Radix sort is O[n] . (or [n * number of bytes in Int] or whatever is being compared).
It's omitted from the comparisons, I see. Radix sort can also have predictable memory overhead.
Edit: I misremembered, memory access is actually O(sqrt(N)):
And djb's vectorized sorting networks are pretty great: https://sorting.cr.yp.to/
It is slower than it's unstable brother, aptly named crumsort. https://github.com/scandum/crumsort
1) Is there a theoretical minimum assymptotic speed for sorting?
2) Some of these newer sorts seem to have arbitrary parameters in them (e.g. do X if size of set is smaller than Y). Are we likely to see more and more complex rule sets like that lead to increased sorting speeds?
2) Hybrid algorithms, i.e. those that change the underlying strategy based on some parameters, are already quite common in real-world implementaions. Examples include timsort (stable, mix of merge sort and insertion sort), used in Python, Java, and Rust, and pdqsort (unstable, mix of quicksort and heap sort), used in Rust and Go.
2) I think things like cache and machine word size have huge impact on real world speed, so it makes sense to have knobs to tweak to fit within those limits, even enough a theoretical analysis does away with constants like that
I think it's worth clarifying that this is the best worst case possible, i.e for every sorting algorithm you could create a certain input in a way that it won't be able to beat O(nlog(n)). In other words, O(nlog(n)) is a minimum hard limit for worst case speed, no algorithm can do better than O(nlog(n)) on all possible inputs (but it can do better on some inputs, o(n) being the hard limit there).
I don't really remember the theory behind this, but hopefully someone here can answer: is it theoretically possible for a sorting algorithm to achieve sub-O(nlog(n)) speeds on 99.99% (or some other %) of randomly selected inputs? Or even O(n)?

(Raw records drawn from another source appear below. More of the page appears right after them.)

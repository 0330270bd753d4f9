ghost use Rattle.std.specs.Prelude.{◌≡◌, ◌≤◌, length, IfOk, IfSome, Some, option_map};
ghost use Rattle.serde_json.specs.Data.{Data, depth};
ghost use Rattle.serde_json.specs.Read.{max_depth};
ghost use Rattle.serde_json.specs.View.{view, members_view};
ghost use Rattle.serde_json.specs.Written.{compact_text};
ghost use Rattle.kp_kore.specs.View.{view as pattern_view};
ghost use Rattle.kp_frames.specs.Frames.{most_frame};
ghost use Rattle.kp_rpc.specs.View.{id_view, name_view};
ghost use Rattle.kp_requests.specs.Asked.{simplify_params, simplify_tree, add_module_params, add_module_tree};
ghost use Rattle.kp_requests.specs.Frames.{IsJson};

use kp_json::value_of;
use kp_kore::Pattern;
use kp_rpc::{Id, Object, request_value, with_member_at, with_text_at};
use serde_json::{Map, Value};
use std::alloc::{AllocError, Global};

/// The params of simplify.
fn simplify_object(
    alloc: Global,
    module_name: &Option<String>,
    state: Value,
) -> Result<Object, AllocError>
    ensures { IfOk result (λ o. members_view o.entries ≡ simplify_params (name_view module_name.now) (view state)) }
{
    let object = with_text_at(alloc, Map::new(alloc), "module", module_name)?;
    with_member_at(alloc, object, "state", state)
}

/// The tree of a request of simplify; none where Kore JSON has no tag for a pattern in it.
fn simplify_value(
    alloc: Global,
    id: &Id,
    state: &Pattern,
    module_name: &Option<String>,
) -> Result<Option<Value>, AllocError>
    ensures { IfOk result (λ o. option_map view o ≡ simplify_tree (id_view id.now) (pattern_view state.now) (name_view module_name.now)) }
{
    let Some(state) = value_of(alloc, state)? else {
        return Ok(None);
    };
    let params = simplify_object(alloc, module_name, state)?;
    Ok(Some(request_value(alloc, id, "simplify", params)?))
}

/// The bytes of a request of simplify: its compact text with sorted keys. None where Kore JSON has no tag for a pattern in
/// it. Where they nest at most 127 deep and are no more than a frame may have, they are a frame of the request.
/// Source: the K Haskell backend's JSON-RPC documentation (simplify).
///
/// # Errors
/// Where memory runs out.
pub fn simplify_text(
    alloc: Global,
    id: &Id,
    state: &Pattern,
    module_name: &Option<String>,
) -> Result<Option<Vec<u8>>, AllocError>
    ensures text { IfOk result (λ o. option_map (λ b. b.items) o ≡ option_map compact_text (simplify_tree (id_view id.now) (pattern_view state.now) (name_view module_name.now))) }
    ensures read_back { let tree = simplify_tree (id_view id.now) (pattern_view state.now) (name_view module_name.now) in
        IfOk result (λ o. IfSome o (λ b. (d : Data) → tree ≡ Some d → depth d ≤ max_depth → length b.items ≤ most_frame → IsJson b.items d)) }
{
    match simplify_value(alloc, id, state, module_name)? {
        Some(tree) => Ok(Some(tree.to_vec(alloc)?)),
        None => Ok(None),
    }
}

/// The params of add-module.
fn add_module_object(alloc: Global, text: &str, name_as_id: bool) -> Result<Object, AllocError>
    ensures { IfOk result (λ o. members_view o.entries ≡ add_module_params text.now name_as_id) }
{
    let object = with_member_at(
        alloc,
        Map::new(alloc),
        "module",
        Value::String(String::from_str(alloc, text)?),
    )?;
    if name_as_id {
        return with_member_at(alloc, object, "name-as-id", Value::Bool(true));
    }
    Ok(object)
}

/// The tree of a request of add-module.
fn add_module_value(
    alloc: Global,
    id: &Id,
    text: &str,
    name_as_id: bool,
) -> Result<Value, AllocError>
    ensures { IfOk result (λ v. view v ≡ add_module_tree (id_view id.now) text.now name_as_id) }
{
    let params = add_module_object(alloc, text, name_as_id)?;
    request_value(alloc, id, "add-module", params)
}

/// The bytes of a request of add-module: its compact text with sorted keys. Where they are no more than a frame may have,
/// they are a frame of the request.
/// Source: the K Haskell backend's JSON-RPC documentation (add-module).
///
/// # Errors
/// Where memory runs out.
pub fn add_module_text(
    alloc: Global,
    id: &Id,
    text: &str,
    name_as_id: bool,
) -> Result<Vec<u8>, AllocError>
    ensures text { IfOk result (λ b. b.items ≡ compact_text (add_module_tree (id_view id.now) text.now name_as_id)) }
    ensures read_back { IfOk result (λ b. length b.items ≤ most_frame → IsJson b.items (add_module_tree (id_view id.now) text.now name_as_id)) }
{
    let tree = add_module_value(alloc, id, text, name_as_id)?;
    tree.to_vec(alloc)
}
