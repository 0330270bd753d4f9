ghost use Rattle.std.specs.Prelude.{◌≡◌, IfOk, IfSome, IfNone};
ghost use Rattle.serde_json.specs.Data.{Data};
ghost use Rattle.serde_json.specs.View.{view, items_view};
ghost use Rattle.kp_requests.specs.Frames.{IsJson, Asks};
ghost use Rattle.kp_requests.specs.Calls.{read_batch, read_calls, read_frame};
ghost use Rattle.kp_requests.specs.View.{calls_view, parsed_view};

use crate::call::{Call, call_of};
use kp_frames::MOST_FRAME;
use kp_rpc::Refusal;
use serde_json::Value;
use std::alloc::{AllocError, Global};

/// What a frame asks: one call, or a batch of calls, whose replies stand in one array in their order; or why it is refused
/// as a whole, with one reply whose id is null.
/// Source: JSON-RPC 2.0 (batch).
#[derive(Drop)]
pub enum Parsed {
    Single(Call),
    Batch(Vec<Call>),
    Refused(Refusal),
}

/// The JSON value that the bytes are the text of.
fn json_of(alloc: Global, bytes: &[u8]) -> Result<Option<Value>, AllocError>
    ensures found { IfOk result (λ o. IfSome o (λ v. IsJson bytes.now (view v))) }
    ensures none { IfOk result (λ o. IfNone o ((d : Data) → ¬ IsJson bytes.now d)) }
{
    if bytes.len() > MOST_FRAME {
        return Ok(None);
    }
    match Value::from_slice(alloc, bytes) {
        Ok(value) => Ok(Some(value)),
        Err(error) => if error.is_memory() {
            Err(AllocError)
        } else {
            Ok(None)
        },
    }
}

/// What the members of a batch ask, each on its own.
fn calls_of(alloc: Global, members: &[Value]) -> Result<Vec<Call>, AllocError>
    ensures { IfOk result (λ cs. calls_view cs.items ≡ read_calls (items_view members.now)) }
{
    let mut calls = Vec::new(alloc);
    for member in members {
        calls.push(call_of(alloc, member)?)?;
    }
    Ok(calls)
}

/// What a batch asks.
fn batch_of(alloc: Global, members: &[Value]) -> Result<Parsed, AllocError>
    ensures { IfOk result (λ p. parsed_view p ≡ read_batch (items_view members.now)) }
{
    if members.is_empty() {
        return Ok(Parsed::Refused(Refusal::InvalidRequest));
    }
    Ok(Parsed::Batch(calls_of(alloc, members)?))
}

/// What a JSON value asks.
fn parsed_of(alloc: Global, value: &Value) -> Result<Parsed, AllocError>
    ensures { IfOk result (λ p. parsed_view p ≡ read_frame (view value.now)) }
{
    match value.as_array() {
        Some(members) => batch_of(alloc, members),
        None => Ok(Parsed::Single(call_of(alloc, value)?)),
    }
}

/// What the bytes of a frame ask. Bytes that aren't JSON of at most 4,194,304 bytes, nested at most 127 deep, are a parse
/// error; a JSON value that is neither a request object nor a batch is an invalid request.
/// Source: JSON-RPC 2.0 (request objects, batch, error codes).
///
/// # Errors
/// Where memory runs out.
pub fn request_of(alloc: Global, bytes: &[u8]) -> Result<Parsed, AllocError>
    ensures { IfOk result (λ p. Asks bytes.now (parsed_view p)) }
{
    match json_of(alloc, bytes)? {
        Some(value) => parsed_of(alloc, &value),
        None => Ok(Parsed::Refused(Refusal::ParseError)),
    }
}
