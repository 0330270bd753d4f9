use kp_json::JsonFault;
use kp_kore::Pattern;
use kp_rpc::ExecuteOptions;

/// What is read of the tree of a state or of a side: the pattern that it spells, or its first fault.
#[derive(Drop)]
pub enum Reading {
    Pattern(Pattern),
    Fault(JsonFault),
}

/// A request of a method, read whole but for what only a module's signature tells.
/// Source: the K Haskell backend's JSON-RPC documentation (execute, implies, simplify, add-module).
#[derive(Drop)]
pub enum Request {
    Execute {
        state: Reading,
        options: ExecuteOptions,
    },
    Implies {
        antecedent: Reading,
        consequent: Reading,
        module_name: Option<String>,
    },
    Simplify {
        state: Reading,
        module_name: Option<String>,
    },
    /// The text of a module, and whether its own name is bound besides its id.
    AddModule {
        text: String,
        name_as_id: bool,
    },
}
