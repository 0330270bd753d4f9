ghost use Rattle.std.specs.Prelude.{◌≡◌, option_map, IfOk, codes};
ghost use Rattle.serde_json.specs.Find.{get};
ghost use Rattle.serde_json.specs.View.{view};
ghost use Rattle.kp_rpc.specs.View.{id_view};
ghost use Rattle.kp_requests.specs.Calls.{or_invalid_params, asked_of as spec_asked_of, read_call_id, echoed, invalid_call, read_call};
ghost use Rattle.kp_requests.specs.View.{request_view, asked_view, call_view};

use crate::params::{add_module_of, execute_of, implies_of, simplify_of};
use crate::request::Request;
use kp_rpc::{Id, Refusal, id_of, is_version_two, member_text, object_at};
use serde_json::Value;
use std::alloc::{AllocError, Global};

/// What a call asks, or why it is refused.
#[derive(Drop)]
pub enum Asked {
    Request(Request),
    Refused(Refusal),
}

/// One call, alone or in a batch: what it asks, and the id of its reply. Without an id it is a notification, which gets
/// no reply.
/// Source: JSON-RPC 2.0 (request objects, notifications).
#[derive(Drop)]
pub struct Call {
    pub id: Option<Id>,
    pub asked: Asked,
}

/// A request, or invalid params where there is none.
fn or_refused(request: Option<Request>) -> Asked
    ensures { asked_view result ≡ or_invalid_params (option_map request_view request) }
{
    match request {
        Some(request) => Asked::Request(request),
        None => Asked::Refused(Refusal::InvalidParams),
    }
}

/// What a method of this name is asked by its params, where these are an object.
fn asked_of(alloc: Global, method: &str, params: Option<&Value>) -> Result<Asked, AllocError>
    ensures { IfOk result (λ a. asked_view a ≡ spec_asked_of method.now (option_map (λ v. view v.now) params.entry)) }
{
    if method == "execute" {
        return Ok(or_refused(execute_of(alloc, params)?));
    }
    if method == "implies" {
        return Ok(or_refused(implies_of(alloc, params)?));
    }
    if method == "simplify" {
        return Ok(or_refused(simplify_of(alloc, params)?));
    }
    if method == "add-module" {
        return Ok(or_refused(add_module_of(alloc, params)?));
    }
    Ok(Asked::Refused(Refusal::MethodNotFound))
}

/// The id of a call, where it has one; none where that is unlawful.
fn call_id(value: &Value) -> Result<Option<Option<Id>>, AllocError>
    ensures { IfOk result (λ o. option_map (option_map id_view) o ≡ read_call_id (get (codes "id") (view value.now))) }
{
    let Some(member) = value.get("id") else {
        return Ok(Some(None));
    };
    match id_of(member)? {
        Some(id) => Ok(Some(Some(id))),
        None => Ok(None),
    }
}

/// The id that the reply to a value carries which is no request.
fn echoed_id(value: &Value) -> Result<Id, AllocError>
    ensures { IfOk result (λ id. id_view id ≡ echoed (view value.now)) }
{
    match call_id(value)? {
        Some(Some(id)) => Ok(id),
        Some(None) => Ok(Id::Null),
        None => Ok(Id::Null),
    }
}

/// The call of a value that is no request.
fn no_request(value: &Value) -> Result<Call, AllocError>
    ensures { IfOk result (λ c. call_view c ≡ invalid_call (view value.now)) }
{
    Ok(Call {
        id: Some(echoed_id(value)?),
        asked: Asked::Refused(Refusal::InvalidRequest),
    })
}

/// What one JSON value asks, alone or as a member of a batch.
pub fn call_of(alloc: Global, value: &Value) -> Result<Call, AllocError>
    ensures { IfOk result (λ c. call_view c ≡ read_call (view value.now)) }
{
    if !is_version_two(value) {
        return no_request(value);
    }
    let Some(method) = member_text(value, "method") else {
        return no_request(value);
    };
    let Some(id) = call_id(value)? else {
        return no_request(value);
    };
    Ok(Call {
        id,
        asked: asked_of(alloc, method, object_at(value, "params"))?,
    })
}
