ghost use Rattle.std.specs.Prelude.{◌≡◌, option_map, option_and_then, IfOk, string_bytes};
ghost use Rattle.serde_json.specs.Find.{get};
ghost use Rattle.serde_json.specs.View.{view};
ghost use Rattle.kp_json.specs.Faults.{wrapped_reading};
ghost use Rattle.kp_requests.specs.Requests.{implies, simplify};
ghost use Rattle.kp_requests.specs.Calls.{read_flag, read_execute, read_implies, read_simplify, read_add_module};
ghost use Rattle.kp_requests.specs.View.{reading_view, request_view};

use crate::request::{Reading, Request};
use kp_json::JsonError;
use kp_rpc::{ParamsError, member_text, object_at, options_of, text_at};
use serde_json::Value;
use std::alloc::{AllocError, Global};

/// What is read of a pattern's tree.
fn reading_of(alloc: Global, tree: &Value) -> Result<Reading, AllocError>
    ensures { IfOk result (λ r. reading_view r ≡ wrapped_reading (view tree.now)) }
{
    match kp_json::pattern_of(alloc, tree) {
        Ok(pattern) => Ok(Reading::Pattern(pattern)),
        Err(JsonError::Fault(fault)) => Ok(Reading::Fault(fault)),
        Err(JsonError::Memory) => Err(AllocError),
    }
}

/// An optional truth value: absent and null are false.
fn flag_at(params: &Value, key: &str) -> Option<bool>
    ensures { result ≡ read_flag (get key.now (view params.now)) }
{
    match params.get(key) {
        None => Some(false),
        Some(Value::Null) => Some(false),
        Some(member) => member.as_bool(),
    }
}

/// A copy of a text, where there is one.
fn copied(alloc: Global, text: Option<&str>) -> Result<Option<String>, AllocError>
    ensures { IfOk result (λ o. option_map string_bytes o ≡ option_map (λ t. t.now) text.entry) }
{
    match text {
        Some(text) => Ok(Some(String::from_str(alloc, text)?)),
        None => Ok(None),
    }
}

/// What execute is asked by these params; none where they aren't its own.
pub fn execute_of(alloc: Global, params: Option<&Value>) -> Result<Option<Request>, AllocError>
    ensures { IfOk result (λ o. option_map request_view o ≡ option_and_then read_execute (option_map (λ v. view v.now) params.entry)) }
{
    let Some(params) = params else {
        return Ok(None);
    };
    let Some(tree) = object_at(params, "state") else {
        return Ok(None);
    };
    match options_of(alloc, params) {
        Ok(options) => Ok(Some(Request::Execute {
            state: reading_of(alloc, tree)?,
            options,
        })),
        Err(ParamsError::OtherKind) => Ok(None),
        Err(ParamsError::Memory) => Err(AllocError),
    }
}

/// The implication of two trees, in a module of this name.
fn implication_of(
    alloc: Global,
    antecedent: &Value,
    consequent: &Value,
    name: Option<&str>,
) -> Result<Request, AllocError>
    ensures { IfOk result (λ r. request_view r ≡ implies (wrapped_reading (view antecedent.now)) (wrapped_reading (view consequent.now)) (option_map (λ t. t.now) name.entry)) }
{
    let module_name = copied(alloc, name)?;
    let antecedent = reading_of(alloc, antecedent)?;
    let consequent = reading_of(alloc, consequent)?;
    Ok(Request::Implies {
        antecedent,
        consequent,
        module_name,
    })
}

/// What implies is asked by these params; none where they aren't its own.
pub fn implies_of(alloc: Global, params: Option<&Value>) -> Result<Option<Request>, AllocError>
    ensures { IfOk result (λ o. option_map request_view o ≡ option_and_then read_implies (option_map (λ v. view v.now) params.entry)) }
{
    let Some(params) = params else {
        return Ok(None);
    };
    let Some(antecedent) = object_at(params, "antecedent") else {
        return Ok(None);
    };
    let Some(consequent) = object_at(params, "consequent") else {
        return Ok(None);
    };
    let Some(name) = text_at(params, "module") else {
        return Ok(None);
    };
    Ok(Some(implication_of(alloc, antecedent, consequent, name)?))
}

/// The state of a tree to simplify, in a module of this name.
fn simplified_of(alloc: Global, tree: &Value, name: Option<&str>) -> Result<Request, AllocError>
    ensures { IfOk result (λ r. request_view r ≡ simplify (wrapped_reading (view tree.now)) (option_map (λ t. t.now) name.entry)) }
{
    let module_name = copied(alloc, name)?;
    let state = reading_of(alloc, tree)?;
    Ok(Request::Simplify { state, module_name })
}

/// What simplify is asked by these params; none where they aren't its own.
pub fn simplify_of(alloc: Global, params: Option<&Value>) -> Result<Option<Request>, AllocError>
    ensures { IfOk result (λ o. option_map request_view o ≡ option_and_then read_simplify (option_map (λ v. view v.now) params.entry)) }
{
    let Some(params) = params else {
        return Ok(None);
    };
    let Some(tree) = object_at(params, "state") else {
        return Ok(None);
    };
    let Some(name) = text_at(params, "module") else {
        return Ok(None);
    };
    Ok(Some(simplified_of(alloc, tree, name)?))
}

/// What add-module is asked by these params; none where they aren't its own.
pub fn add_module_of(alloc: Global, params: Option<&Value>) -> Result<Option<Request>, AllocError>
    ensures { IfOk result (λ o. option_map request_view o ≡ option_and_then read_add_module (option_map (λ v. view v.now) params.entry)) }
{
    let Some(params) = params else {
        return Ok(None);
    };
    let Some(text) = member_text(params, "module") else {
        return Ok(None);
    };
    let Some(name_as_id) = flag_at(params, "name-as-id") else {
        return Ok(None);
    };
    Ok(Some(Request::AddModule {
        text: String::from_str(alloc, text)?,
        name_as_id,
    }))
}
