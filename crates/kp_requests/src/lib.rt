// What the bytes of a frame ask: one call, or a batch of calls, each on its own. A call is a request of one of the four
// methods or the cause why it is refused, with the id of its reply; without an id it is a notification. What is read of a
// JSON value is specs/Read.antt. A client's writers of simplify and add-module stand here; laws.rt says that what a client
// writes is read back.
#![tactic(auto)]

mod asked;
mod call;
mod frame;
pub mod laws;
mod params;
mod request;

pub use asked::{add_module_text, simplify_text};
pub use call::{Asked, Call};
pub use frame::{Parsed, request_of};
pub use request::{Reading, Request};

If we are sorting by comparison, then each comparison will eliminate at most half of the possible cases. So we need at least log_2(n!) comparisons in the worst case.
Occasionally one is discovered and solved, and it can lead to a brief domino effect, but I have no idea how many are left.
FWIW, I'm thinking of devices that don't have an MMU - like the Sega 32X. It's a hobby of mine. Having any GC time at all is too much suffering, even 1ms.
EDIT: Retracted -- did a search like for "license", but apparently the search results omits variants like "sublicense" which would have caught the MIT license at the beginning of the source file: https://github.com/scandum/blitsort/search?q=license vs. https://github.com/scandum/blitsort/search?q=sublicense
No it's not released yet but it's getting real close. The code is virtually done, with some minor cleanup required. Besides some personal stuff, a large source of my delay has been the headache that is panic safety in Rust. Non-trivial sorting code becomes extra difficult if a forced stack unwinding can occur every time you compare two elements, where you are then required to fully restore the input array to a valid state. Doubly so if you can't even assume the comparison operator is valid and obeys the strict order semantics.
I am currently in the process of writing a paper I want to publish along glidesort which is also mostly done. Since the linked talk I've also had some more performance wins making it ~4.5 times faster than std::stable_sort for uniform random integers and much more than that for low cardinality data and input patterns.
Glidesort can use arbitrary amounts of auxiliary memory if necessary, but is fastest when given a fraction of the original input array worth of memory - I'm currently planning on releasing it with n / 8 as the default. I haven't looked at blitsort in detail but I am skeptical of the O(n log n) claim, I believe it is O(n (log n)^2) like glidesort is when given a constant amount of memory, as blitsort's partition and merge functions are recursive. Not that this really matters in practice - ultimately the real runtime is what matters. But I wouldn't be surprised to see blitsort slow down more relative to the competition for larger inputs.
In your Youtube presentation you do seem to skip mentioning that many of the performance innovations in glidesort were derived from quadsort and fluxsort. Some credit in your upcoming paper would be much appreciated. Feel free to email me if you have any questions, some things like my first publication of a "branchless" binary search in Aug 2014 may be hard to find, though there might be prior claim.
~4.5 times faster than std::stable_sort for uniform random integers is pretty impressive. Is this primarily from increasing the memory regions from 2 to 4 for parity merges / partitions? I'm benching on somewhat dated hardware and had mixed results (including slowdowns), so I never went further down that rabbit hole.
skasort_cpy is pretty good on 32 bit integers if you give it n auxiliary memory.
rhsort is very good and likely the best for 31 bit integers, but a bit rough around the edges still, and doesn't work well on arrays above 1M elements. Avoid radix sorts for 64 bit integers, they're ideal for 16 bit.
glidesort is promising, though I haven't seen it benched against the latest fluxsort / blitsort.
Timsort's main problem is that it's slow on shuffled arrays.
pdqsort and other introsorts aren't good on semi-ordered data.
https://doc.rust-lang.org/std/vec/struct.Vec.html#method.sor...